# Best Hog Hunt ever! Just east of Macon



## hulk181 (Apr 11, 2010)

Let me tell you about the best hunting experience I've ever had. I have been hunting for 20+ years and finally decided to give piggy hunting a try. Thanks to some kind members here at GON, I got in contact with Roger Rueter. He's about as nice as a guy can be. His place is right off of I-16 about 15 miles off of I-75. His property is just over 150 acres of prime hog habitat. Roger took the time to get me and my old man a chance at some very nice meat hogs. I ended up with two and my dad got a very nice eater as well. His fees are the best around. $150 for a meat hog, and only $450 for a trophy boar. I saw several meat pigs and several 200lb plus boars(feral and russian). I was so pumped about the time I had I went again last Thursday and took a friend from work. We both scored on two nice pigs each!
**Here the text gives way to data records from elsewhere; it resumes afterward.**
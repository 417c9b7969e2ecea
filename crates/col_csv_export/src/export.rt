//! Writes a file's table as CSV.
ghost use Rattle.std.specs.Prelude.{◌≡◌, ◌<◌, ◌≤◌, length, map, OnOk};
ghost use Rattle.std.specs.List.{list_any};
ghost use Rattle.col_common.specs.Outside.{Grows};
ghost use Rattle.col_common.specs.Serializing.{Serializes};
ghost use Rattle.col_csv.specs.Csv.{header_fields, record_text, records_of, records_text};
ghost use Rattle.col_csv.specs.Csv.{row_records, is_multivalued_column};
ghost use Rattle.col_csv_export.specs.Exports.{ExportsFile, WritesText};
ghost use Rattle.col_csv_export.specs.Putting.{PutsText, rows_between};
ghost use Rattle.col_dynamic.specs.Dynamic.{content_of};
ghost use Rattle.col_file.specs.Readers.{Reads};
ghost use Rattle.col_model.specs.Limits.{is_multivalued};
ghost use Rattle.col_model.specs.Table.{Table};
ghost use Rattle.col_opened.specs.Opened.{column_of};

use crate::blocks::push_rows;
use crate::output::{put_record, write_held};
use crate::records::fill_header;
use col_common::{ColumnarError, FileHandle, Sink, serialize_bytes};
use col_csv::CsvError;
use col_dynamic::DynamicColumn;
use col_file::ColumnarReader;
use col_index::Cardinality;
use col_opened::{OpenColumn, OpenColumns, open_all};
use csv::ByteRecord;
use std::alloc::Global;

/// Writes the table of a reader's file as CSV: a record of the columns' types and names, and one
/// for each row. It answers InvalidData exactly where some column isn't one of its type, and
/// NotFlat exactly where one is Multivalued; these two add nothing, and a later refusal may leave
/// the front of the text in the sink. All columns are open at once, each by one read, and one row
/// beside them is in memory, with at most some 64 KB of text that isn't written yet.
pub fn export_csv<F: FileHandle, K: Sink>(
    alloc: Global,
    reader: &mut ColumnarReader<F>,
    output: &mut K,
) -> Result<(), CsvError>
    ensures answer { ExportsFile reader.old.file reader.new.file
        (K.seen output.old) (K.seen output.new) result }
    ensures kept { Reads (length reader.old.keys.entries) reader.old reader.new }
    // What the sink held stays in front, and its count of faults never falls.
    ensures grown { Grows (K.seen output.old) (K.seen output.new) }
    ensures later { (K.seen output.old).faults ≤ (K.seen output.new).faults }
{
    let columns = open_all(alloc, reader)?;
    let written = write_columns(alloc, columns.columns(), reader.num_docs(), output);
    let_go(columns);
    written
}

fn let_go(columns: OpenColumns) {
    drop(columns);
}

// Writes the text of a table of these columns, where none is Multivalued.
fn write_columns<K: Sink>(
    alloc: Global,
    columns: &[OpenColumn],
    row_count: u32,
    output: &mut K,
) -> Result<(), CsvError>
    ensures answer { (t : Table) → t.row_count ≡ row_count →
        map column_of columns.now ≡ t.columns →
        WritesText (K.seen output.old) (K.seen output.new) result t }
    ensures grown { Grows (K.seen output.old) (K.seen output.new) }
    ensures later { (K.seen output.old).faults ≤ (K.seen output.new).faults }
{
    if has_multivalued(columns) {
        return Err(CsvError::NotFlat);
    }
    write_records(alloc, columns, row_count, output)?;
    Ok(())
}

// Whether some column is Multivalued.
fn has_multivalued(columns: &[OpenColumn]) -> bool
    ensures { result ≡ list_any (λ c. is_multivalued_column (column_of c)) columns.now }
{
    columns.iter().any(|named| is_multivalued(&named.column))
}

// Whether a column is Multivalued.
fn is_multivalued(column: &DynamicColumn) -> bool
    ensures { result ≡ is_multivalued (content_of column.now).cardinality }
{
    column.get_cardinality() == Cardinality::Multivalued
}

// Writes the records of columns: the first, and one for each row.
fn write_records<K: Sink>(
    alloc: Global,
    columns: &[OpenColumn],
    row_count: u32,
    output: &mut K,
) -> Result<(), ColumnarError>
    ensures { Serializes (K.seen output.old) (K.seen output.new) result
        (records_text (records_of (map column_of columns.now) row_count)) }
{
    let mut held = Vec::new(alloc);
    put_header(alloc, columns, &mut held, output)?;
    put_rows(alloc, columns, row_count, &mut held, output)?;
    serialize_bytes(output, &held)
}

// Puts the first record.
#[tactic(auto, using(crate::proofs::PutLemmas::puts_fields, crate::proofs::PutLemmas::puts_memory))]
fn put_header<K: Sink>(
    alloc: Global,
    columns: &[OpenColumn],
    held: &mut Vec<u8>,
    output: &mut K,
) -> Result<(), ColumnarError>
    ensures { PutsText (K.seen output.old) (K.seen output.new) result held.old.items held.new.items
        (record_text (header_fields (map column_of columns.now))) }
{
    let mut field = Vec::new(alloc);
    let mut fields = ByteRecord::new(alloc);
    fill_header(columns, &mut field, &mut fields)?;
    put_record(alloc, &fields, held, output)
}

// Puts the records of rows, one block after another.
fn put_rows<K: Sink>(
    alloc: Global,
    columns: &[OpenColumn],
    row_count: u32,
    held: &mut Vec<u8>,
    output: &mut K,
) -> Result<(), ColumnarError>
    ensures { PutsText (K.seen output.old) (K.seen output.new) result held.old.items held.new.items
        (records_text (row_records (map column_of columns.now) row_count)) }
{
    let mut row = 0;
    while row < row_count {
        put_block(alloc, columns, &mut row, row_count, held, output)?;
    }
    Ok(())
}

// Puts the records of a block of rows from one on, and moves on to the row behind these.
fn put_block<K: Sink>(
    alloc: Global,
    columns: &[OpenColumn],
    row: &mut u32,
    row_count: u32,
    held: &mut Vec<u8>,
    output: &mut K,
) -> Result<(), ColumnarError>
    requires { row.old < row_count }
    ensures text { PutsText (K.seen output.old) (K.seen output.new) result held.old.items
        held.new.items (records_text (rows_between (map column_of columns.now) row.old row.new)) }
    ensures begun { OnOk result (row.old < row.new) }
    ensures within { OnOk result (row.new ≤ row_count) }
{
    push_rows(alloc, columns, row, row_count, held)?;
    write_held(held, output)
}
Roger also will gut and skin your dinner for only $25.00 a pig. Awesome service! I recommend giving the guy a tip if you can because his prices are by far the cheapest around and he works hard for you the hunter. We've already baked one ham and it was better than one from Kroger. Give Roger a call and tell him Dennis sent you, he'll do his best to give you memories for a life time. 478-972-7919. Also for a great processor check out Jerome Huckaby 770-599-6990. Jerome is right below Peachtree city, 30 miles from 285 south. He vacumn seals the meat!!!  Thanks again Roger and Jerome!


----------



## Florida Curdog (Apr 11, 2010)

Good hunt.


----------